Hepatitis C seroprevalence, incidence and residual risk

Prevalence of RIBA-confirmed anti-HCV reactivity among first-time donors was 191 per 100,000 donations (Table 3). Prevalence of HCV antibody positivity was two-to-three fold higher in São Paulo (287 per 100,000) compared with Belo Horizonte (78 per 100,000 donations) and Recife (131 per 100,000 donations). A significant age effect on HCV prevalence was observed. Donations from donors aged 55 or older had almost 30 times higher prevalence of HCV positive markers than those from donors under 25 years. Donations from donors older than 25 and younger than 55 presented 8-23 times higher prevalence than those younger than 25, p <0 .001. Donations from community donors also presented higher prevalence of HCV antibody when compared to replacement donors. There was no statistical difference in the prevalence of HCV among men and women (199 vs. 179 per 100,000 donations, respectively).

Table 3
Prevalence of anti-HCV among First Time Brazilian Donors in 2007 by Demographics and Blood Center and Results of Logistic Regression Analysis*.
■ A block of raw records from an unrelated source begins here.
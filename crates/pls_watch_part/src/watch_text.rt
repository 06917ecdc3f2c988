//! The text of a watch part: scanned without memory, and read as the list of its lines.

ghost use Rattle.std.specs.Prelude.{◌≡◌, ◌<◌, ◌+◌, ◌^◌, List, length, IfErr, IfOk, OnErr, OnOk};
ghost use Rattle.pls_lines.specs.Lines.{IsFormFault};
ghost use Rattle.pls_closing.specs.Closing.{AreFew};
ghost use Rattle.pls_watch_part.specs.WatchText.{IsWatchPart, IsWatchRefusal, PassesWatch, TellsWatch, looks_of};
ghost use Rattle.pls_watch_part.specs.declared.watch_event.WatchLine.{WatchLine};

use crate::watch_event::WatchLine;
use crate::watch_words::{WatchWord, WatchWords};
use pls_closing::{ClosingTally, check_limits};
use pls_lines::{Lines, ListText, Part, scan};
use pls_streams::TextError;
use std::alloc::Global;
use std::marker::Model;

/// The text of a watch part, which it lends, the number of its heading line, and how many lines,
/// how many looks and how many bits of labels it has.
#[derive(Drop)]
pub struct WatchText<'a> {
    pub(crate) part: ListText<'a, ClosingTally<WatchWord, WatchWords<'a>>>,
}

impl<'a> Model for WatchText<'a> {
    ghost use Rattle.pls_watch_part.specs.WatchText.{HasWatch, WrittenWatch, written_watch};

    ghost Value = { WrittenWatch };

    ghost view = { λ text. written_watch text.part.lines.rest text.part.lines.number
        text.part.kept.lines text.part.kept.closing text.part.kept.bits };

    ghost invariant = { λ text. HasWatch (written_watch text.part.lines.rest
        text.part.lines.number text.part.kept.lines text.part.kept.closing text.part.kept.bits) };
}

impl<'a> Part<'a> for WatchText<'a> {
    ghost use Rattle.pls_watch_part.specs.WatchText.{IsWatchPart, PassesWatch};
    ghost use Rattle.pls_watch_part.specs.laws.WatchLaws.{watch_some_part};

    ghost Format = { IsWatchPart };

    ghost Passed = { PassesWatch };

    ghost part_law = { watch_some_part };

    fn pass(lines: &mut Lines<'a>) -> Result<Self, TextError> {
        let part = ListText::<'a, ClosingTally<WatchWord, WatchWords<'a>>>::pass(lines)?;
        Ok(WatchText { part })
    }
}

/// Reads one watch part, which the reader passes. It takes no memory.
///
/// The one refusal is `Form`, with the number of the first line that is not of the form; then the
/// reader stays. Where the last line before `end` is no look, or there is none, that is `end`.
pub fn scan_watch<'a>(lines: &mut Lines<'a>) -> Result<WatchText<'a>, TextError>
    ensures ok { IfOk result (λ part. PassesWatch lines.old lines.new part) }
    ensures form { IfErr result (λ error. IsFormFault IsWatchPart lines.old error) }
    ensures unchanged { OnErr result (lines.new ≡ lines.old) }
{
    scan(lines)
}

impl<'a> WatchText<'a> {
    /// How many bits the labels have together that the lines give, and `u64::MAX` at the most.
    pub fn bits(&self) -> u64
        ensures { result ≡ self.now.bits }
    {
        self.part.kept.bits
    }

    /// How many lines stand between heading and `end`, and `u64::MAX` at the most.
    pub fn events(&self) -> u64
        ensures { result ≡ self.now.events }
    {
        self.part.kept.lines
    }

    /// How many of them ask for a look, and `u64::MAX` at the most.
    pub fn looks(&self) -> u64
        ensures { result ≡ self.now.looks }
    {
        self.part.kept.closing
    }

    /// The number of the line at a place, or of `end` at the place behind the last one.
    pub fn number_of(&self, place: usize) -> u64
        requires { place + 1 < 2 ^ 63 }
        ensures { result ≡ self.now.number + 1 + place }
    {
        self.part.number_of(place)
    }

    /// The events and looks, in the order of their lines.
    ///
    /// `Limit(Events)` where there are more lines than [`MAX_LINES`](pls_configuration::MAX_LINES),
    /// else `Limit(Rounds)` where there are more looks than
    /// [`MAX_ROUNDS`](pls_configuration::MAX_ROUNDS), before any memory is taken; `NoMemory` for
    /// want of memory.
    pub fn list(&self, alloc: Global) -> Result<Vec<WatchLine>, TextError>
        ensures ok { (lines : List WatchLine) → TellsWatch self.now.text lines
            → IfOk result (λ list. list.items ≡ lines) }
        ensures few { IfOk result (λ list. AreFew (length list.items)
            (length (looks_of list.items))) }
        ensures refused { (lines : List WatchLine) → TellsWatch self.now.text lines
            → IfErr result (λ error. IsWatchRefusal lines error) }
    {
        self.check()?;
        Ok(self.part.list(alloc)?)
    }

    // Refuses a text with more lines than a limit allows.
    pub(crate) fn check(&self) -> Result<(), TextError>
        ensures few { OnOk result ((lines : List WatchLine) → TellsWatch self.now.text lines
            → AreFew (length lines) (length (looks_of lines))) }
        ensures refused { IfErr result (λ error. (lines : List WatchLine)
            → TellsWatch self.now.text lines → IsWatchRefusal lines error) }
    {
        check_limits(self.part.kept.lines, self.part.kept.closing)
    }
}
During the one year prospective study period, we observed only one HCV seroconverter, i.e, a donor who made one HCV negative donation in 2007 prior to making a HCV confirmed positive donation in the same year. By including historical data prior to 2007 for repeat donors who presented in 2007, an additional nine donations from repeat donors were HCV positive; on detailed review of prior donation data two of these donors had reactive anti-HCV screening results on their previous donations and therefore were removed from the incidence analysis. The other seven repeat donors all made HCV negative donations prior to their positive donations in the study period, which in addition to the seroconverter indentified in 2007 yielded a total of eight incident HCV cases, from which we estimated 2.87 incidents occurred in 20079. We calculated that the total person time during 2007 among all repeat donors as 92,095 person-years, yielding an HCV incidence rate estimate of 3.11 (95% CI 0.77-7.03) per 100,000 person-years9. Using 58.3 days10 for the infectious pre-antibody window phase, the residual risk of transfusion-transmitted HCV was estimated as 5.0 per million donations (95% CI 1.2, 11.3 per million donations) or 1:201,000 donations. Further, Busch et al.10 estimated the window phase could be reduced by 51 days using NAT testing, to an infectious pre-NAT window phase of 7 days. Hence the yield of NAT HCV was estimated as 4.3 per million donations (95% CI 1.1, 9.8 per million donations) or 1:230,000 donations and the NAT residual risk of transfusion-transmitted HCV was estimated as 0.6 per million donations (95% CI 0.2, 1.2 per million donations) or 1:1,585,000 donations.

DISCUSSION

This article describes the prevalence of HBV and HCV serologic markers, and the incidence and residual risk of HCV among allogeneic donations in three large blood centers in Brazil. Serologic markers for both infections showed a low prevalence relative to general population estimates in the three geographically dispersed donor population. A higher prevalence of HBV markers was found in the Northeast while HCV prevalence was higher in the Southeast, especially in São Paulo. Additionally, an association with increasing age was observed for both anti-HCV and anti-HBc among donors in all three regions. HCV incidence was similar to the incidence rates reported in the US and Europe, and residual risk estimates were comparable to what existed before introduction of NAT in these countries.11-13

Most publications evaluating prevalence of HBV among Brazilian blood donors have separately estimated the positivity rates for HBsAg and anti-HBc, which have varied from 0.18% to 0.98% and from 4.31% to 9.4%, respectively.4,14-16 The definition that we employed for an HBV positive donation, i.e. repeat-reactive serologic test results for both HBsAg and anti-HBc, was more stringent than used in most other studies, but we felt was warranted to avoid false positive HBsAg results which are increasingly recognized as problematic in studies involving donor populations.2,17 Overall, the prevalence of concordant HBV positive markers found in our study population was in the lower range of rates in earlier reports. These findings may indicate a true decline in HBV infection as a result of vaccination and other public health programs, different prevalence rates among different donor populations, or be a consequence of different criteria to define HBV prevalence. Publically financed immunization for HBV is currently provided in Brazil for all infants and for young adults until 24 years-old, as well as offered to blood donors, to health students and professionals, and to other persons at high risk of HBV infection such as household contacts and sexual partners of HBV infected persons. 18 This program started in the early 1990s in the North of Brazil and was extended all over the country over the subsequent years. The estimated coverage of hepatitis B vaccine varies from 56% for the population in the North to ~40% in the Southeast and 25% in the Northeast.19 It is noteworthy that prevalence of HBV serologic markers was almost two fold higher in Recife than in the São Paulo, still reflecting the historically higher rates of HBV and lower vaccination coverage in Northeastern Brazil.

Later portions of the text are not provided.